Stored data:
▽

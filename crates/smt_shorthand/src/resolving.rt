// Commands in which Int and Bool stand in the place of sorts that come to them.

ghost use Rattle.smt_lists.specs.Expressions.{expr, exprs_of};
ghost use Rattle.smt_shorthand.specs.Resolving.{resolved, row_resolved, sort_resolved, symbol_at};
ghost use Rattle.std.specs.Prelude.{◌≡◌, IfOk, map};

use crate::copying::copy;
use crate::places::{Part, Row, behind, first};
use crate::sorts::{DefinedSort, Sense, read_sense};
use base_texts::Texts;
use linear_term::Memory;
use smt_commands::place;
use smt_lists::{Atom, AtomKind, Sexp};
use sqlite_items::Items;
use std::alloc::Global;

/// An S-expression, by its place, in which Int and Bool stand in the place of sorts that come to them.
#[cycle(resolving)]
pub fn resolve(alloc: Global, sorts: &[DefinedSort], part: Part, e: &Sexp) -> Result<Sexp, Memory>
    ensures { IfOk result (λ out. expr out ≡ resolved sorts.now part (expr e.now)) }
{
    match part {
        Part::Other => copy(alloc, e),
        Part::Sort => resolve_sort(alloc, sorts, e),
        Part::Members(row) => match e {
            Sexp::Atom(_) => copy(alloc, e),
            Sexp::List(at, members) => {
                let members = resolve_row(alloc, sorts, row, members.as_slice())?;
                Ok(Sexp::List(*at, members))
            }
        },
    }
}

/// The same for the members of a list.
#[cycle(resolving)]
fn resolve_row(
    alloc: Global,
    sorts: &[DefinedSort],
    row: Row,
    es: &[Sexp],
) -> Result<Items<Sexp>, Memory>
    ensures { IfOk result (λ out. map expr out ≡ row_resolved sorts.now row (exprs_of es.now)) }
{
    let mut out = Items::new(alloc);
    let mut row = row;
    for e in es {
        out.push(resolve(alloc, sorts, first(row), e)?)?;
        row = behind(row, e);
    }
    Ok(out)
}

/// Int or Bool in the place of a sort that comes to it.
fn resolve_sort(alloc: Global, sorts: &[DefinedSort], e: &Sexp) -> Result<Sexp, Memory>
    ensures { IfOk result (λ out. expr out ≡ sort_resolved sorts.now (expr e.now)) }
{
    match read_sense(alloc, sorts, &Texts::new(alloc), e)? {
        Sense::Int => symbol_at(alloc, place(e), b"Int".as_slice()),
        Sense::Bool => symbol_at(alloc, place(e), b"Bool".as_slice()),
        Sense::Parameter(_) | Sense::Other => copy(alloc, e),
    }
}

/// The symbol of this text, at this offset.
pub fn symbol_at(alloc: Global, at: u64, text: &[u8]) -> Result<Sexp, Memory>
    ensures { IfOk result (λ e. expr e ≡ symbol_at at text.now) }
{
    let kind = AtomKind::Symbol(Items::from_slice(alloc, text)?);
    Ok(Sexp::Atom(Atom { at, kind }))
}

△
▽

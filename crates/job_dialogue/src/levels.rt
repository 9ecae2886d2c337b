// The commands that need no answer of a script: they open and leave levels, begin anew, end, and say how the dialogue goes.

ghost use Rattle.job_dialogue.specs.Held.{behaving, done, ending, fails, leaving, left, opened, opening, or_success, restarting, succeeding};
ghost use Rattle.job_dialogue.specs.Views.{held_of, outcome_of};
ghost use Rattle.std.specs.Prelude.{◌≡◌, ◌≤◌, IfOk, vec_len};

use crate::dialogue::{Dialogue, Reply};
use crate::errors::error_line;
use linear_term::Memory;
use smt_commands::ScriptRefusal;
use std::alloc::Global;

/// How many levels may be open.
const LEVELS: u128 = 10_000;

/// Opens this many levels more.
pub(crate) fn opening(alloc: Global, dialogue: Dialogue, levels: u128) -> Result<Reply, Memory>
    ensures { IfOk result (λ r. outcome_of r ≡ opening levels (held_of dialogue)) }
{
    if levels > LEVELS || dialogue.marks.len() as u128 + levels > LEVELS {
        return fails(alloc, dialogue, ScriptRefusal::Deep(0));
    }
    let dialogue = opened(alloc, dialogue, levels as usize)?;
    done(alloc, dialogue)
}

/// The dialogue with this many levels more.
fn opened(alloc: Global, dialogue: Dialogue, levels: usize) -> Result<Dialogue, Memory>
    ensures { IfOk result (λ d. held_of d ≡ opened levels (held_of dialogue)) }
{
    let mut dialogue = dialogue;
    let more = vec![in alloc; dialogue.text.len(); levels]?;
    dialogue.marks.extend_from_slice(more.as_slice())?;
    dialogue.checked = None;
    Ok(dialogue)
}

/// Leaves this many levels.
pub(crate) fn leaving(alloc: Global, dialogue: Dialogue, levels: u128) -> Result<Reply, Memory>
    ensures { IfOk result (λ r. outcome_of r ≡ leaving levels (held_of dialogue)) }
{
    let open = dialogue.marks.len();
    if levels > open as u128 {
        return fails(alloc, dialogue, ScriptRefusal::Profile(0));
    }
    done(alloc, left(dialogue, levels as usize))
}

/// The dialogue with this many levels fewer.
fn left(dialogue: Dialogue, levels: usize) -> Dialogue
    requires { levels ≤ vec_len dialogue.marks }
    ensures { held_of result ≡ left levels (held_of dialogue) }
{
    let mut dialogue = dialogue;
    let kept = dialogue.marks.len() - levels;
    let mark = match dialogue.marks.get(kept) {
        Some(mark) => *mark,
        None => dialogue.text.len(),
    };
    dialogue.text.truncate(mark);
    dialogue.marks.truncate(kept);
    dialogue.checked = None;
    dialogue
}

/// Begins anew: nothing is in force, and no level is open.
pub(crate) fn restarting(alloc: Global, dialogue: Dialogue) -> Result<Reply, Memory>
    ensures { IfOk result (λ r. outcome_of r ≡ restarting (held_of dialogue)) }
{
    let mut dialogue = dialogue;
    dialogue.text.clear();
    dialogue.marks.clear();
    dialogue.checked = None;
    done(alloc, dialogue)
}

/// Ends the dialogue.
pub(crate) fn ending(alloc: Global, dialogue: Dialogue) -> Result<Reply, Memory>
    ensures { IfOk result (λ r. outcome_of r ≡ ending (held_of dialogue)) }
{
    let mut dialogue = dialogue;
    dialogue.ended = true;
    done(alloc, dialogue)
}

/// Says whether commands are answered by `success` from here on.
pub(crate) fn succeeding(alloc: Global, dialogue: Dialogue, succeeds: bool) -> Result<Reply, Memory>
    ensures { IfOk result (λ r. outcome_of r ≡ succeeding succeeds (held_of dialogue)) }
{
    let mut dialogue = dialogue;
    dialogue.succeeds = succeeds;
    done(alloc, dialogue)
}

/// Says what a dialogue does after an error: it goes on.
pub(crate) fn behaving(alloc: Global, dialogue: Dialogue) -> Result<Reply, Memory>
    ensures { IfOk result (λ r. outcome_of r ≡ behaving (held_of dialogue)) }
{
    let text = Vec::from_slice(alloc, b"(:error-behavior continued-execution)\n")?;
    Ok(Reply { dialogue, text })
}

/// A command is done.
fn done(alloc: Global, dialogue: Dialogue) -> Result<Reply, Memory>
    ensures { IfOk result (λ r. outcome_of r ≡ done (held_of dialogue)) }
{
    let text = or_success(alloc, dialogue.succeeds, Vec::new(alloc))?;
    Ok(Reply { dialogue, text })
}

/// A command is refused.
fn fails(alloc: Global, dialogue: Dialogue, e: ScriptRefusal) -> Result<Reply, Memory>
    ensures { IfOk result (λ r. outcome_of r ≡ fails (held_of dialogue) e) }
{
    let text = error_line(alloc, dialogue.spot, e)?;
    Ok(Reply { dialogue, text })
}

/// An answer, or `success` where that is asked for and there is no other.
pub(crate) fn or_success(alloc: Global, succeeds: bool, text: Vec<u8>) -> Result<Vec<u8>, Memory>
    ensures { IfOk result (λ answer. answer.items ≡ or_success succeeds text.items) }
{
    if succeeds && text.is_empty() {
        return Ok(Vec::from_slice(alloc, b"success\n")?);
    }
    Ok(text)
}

△
▽

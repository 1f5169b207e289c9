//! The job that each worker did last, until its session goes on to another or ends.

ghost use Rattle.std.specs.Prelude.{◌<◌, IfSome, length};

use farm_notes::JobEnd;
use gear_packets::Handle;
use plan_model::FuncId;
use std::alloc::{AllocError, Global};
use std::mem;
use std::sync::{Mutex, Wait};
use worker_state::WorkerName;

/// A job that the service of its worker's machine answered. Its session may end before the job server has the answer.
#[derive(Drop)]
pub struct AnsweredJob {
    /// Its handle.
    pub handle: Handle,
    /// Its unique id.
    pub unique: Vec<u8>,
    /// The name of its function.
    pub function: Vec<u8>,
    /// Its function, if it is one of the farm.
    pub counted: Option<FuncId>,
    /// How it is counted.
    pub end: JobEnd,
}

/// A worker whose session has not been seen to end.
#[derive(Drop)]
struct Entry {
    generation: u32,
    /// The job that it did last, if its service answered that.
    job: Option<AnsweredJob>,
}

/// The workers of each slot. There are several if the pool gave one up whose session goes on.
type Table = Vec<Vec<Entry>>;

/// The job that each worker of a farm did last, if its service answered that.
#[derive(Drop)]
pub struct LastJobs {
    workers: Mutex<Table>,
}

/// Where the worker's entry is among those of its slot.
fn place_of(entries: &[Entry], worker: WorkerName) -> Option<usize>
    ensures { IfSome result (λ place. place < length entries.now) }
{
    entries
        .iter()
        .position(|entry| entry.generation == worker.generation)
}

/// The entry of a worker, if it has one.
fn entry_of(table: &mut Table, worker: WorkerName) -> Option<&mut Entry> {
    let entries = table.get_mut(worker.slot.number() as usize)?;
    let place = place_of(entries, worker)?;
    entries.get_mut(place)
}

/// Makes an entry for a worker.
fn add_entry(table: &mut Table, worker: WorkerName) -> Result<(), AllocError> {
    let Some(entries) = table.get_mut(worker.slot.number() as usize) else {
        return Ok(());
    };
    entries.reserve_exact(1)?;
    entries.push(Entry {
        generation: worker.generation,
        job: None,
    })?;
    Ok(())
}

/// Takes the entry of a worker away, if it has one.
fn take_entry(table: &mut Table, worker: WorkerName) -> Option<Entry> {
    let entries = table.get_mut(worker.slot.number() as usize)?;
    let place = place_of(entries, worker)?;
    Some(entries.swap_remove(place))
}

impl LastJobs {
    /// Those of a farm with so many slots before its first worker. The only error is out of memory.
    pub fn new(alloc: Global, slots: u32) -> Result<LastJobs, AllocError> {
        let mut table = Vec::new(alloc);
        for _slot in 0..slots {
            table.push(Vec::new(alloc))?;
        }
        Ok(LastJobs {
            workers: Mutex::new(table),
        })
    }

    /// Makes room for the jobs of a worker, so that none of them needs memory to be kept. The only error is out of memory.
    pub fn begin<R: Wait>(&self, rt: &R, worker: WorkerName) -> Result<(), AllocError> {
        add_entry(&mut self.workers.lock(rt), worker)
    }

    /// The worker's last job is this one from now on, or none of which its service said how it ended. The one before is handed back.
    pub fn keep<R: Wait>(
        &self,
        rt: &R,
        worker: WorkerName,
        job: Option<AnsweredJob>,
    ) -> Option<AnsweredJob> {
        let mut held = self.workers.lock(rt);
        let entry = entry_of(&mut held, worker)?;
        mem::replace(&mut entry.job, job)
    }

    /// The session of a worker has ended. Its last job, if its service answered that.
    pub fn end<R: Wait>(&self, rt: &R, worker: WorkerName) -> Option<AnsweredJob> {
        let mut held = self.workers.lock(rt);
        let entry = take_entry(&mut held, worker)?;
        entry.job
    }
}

△

- **WORK REQUIRED**
Could you retype exactly the lines above, starting at the line that contains "farm did last, if its service answered that." and ending at the line that contains "fn add_entry(table: &mut", and nothing more?

- **ANSWER TO THIS EXERCISE**
/// The job that each worker of a farm did last, if its service answered that.
#[derive(Drop)]
pub struct LastJobs {
    workers: Mutex<Table>,
}

/// Where the worker's entry is among those of its slot.
fn place_of(entries: &[Entry], worker: WorkerName) -> Option<usize>
    ensures { IfSome result (λ place. place < length entries.now) }
{
    entries
        .iter()
        .position(|entry| entry.generation == worker.generation)
}

/// The entry of a worker, if it has one.
fn entry_of(table: &mut Table, worker: WorkerName) -> Option<&mut Entry> {
    let entries = table.get_mut(worker.slot.number() as usize)?;
    let place = place_of(entries, worker)?;
    entries.get_mut(place)
}

/// Makes an entry for a worker.
fn add_entry(table: &mut Table, worker: WorkerName) -> Result<(), AllocError> {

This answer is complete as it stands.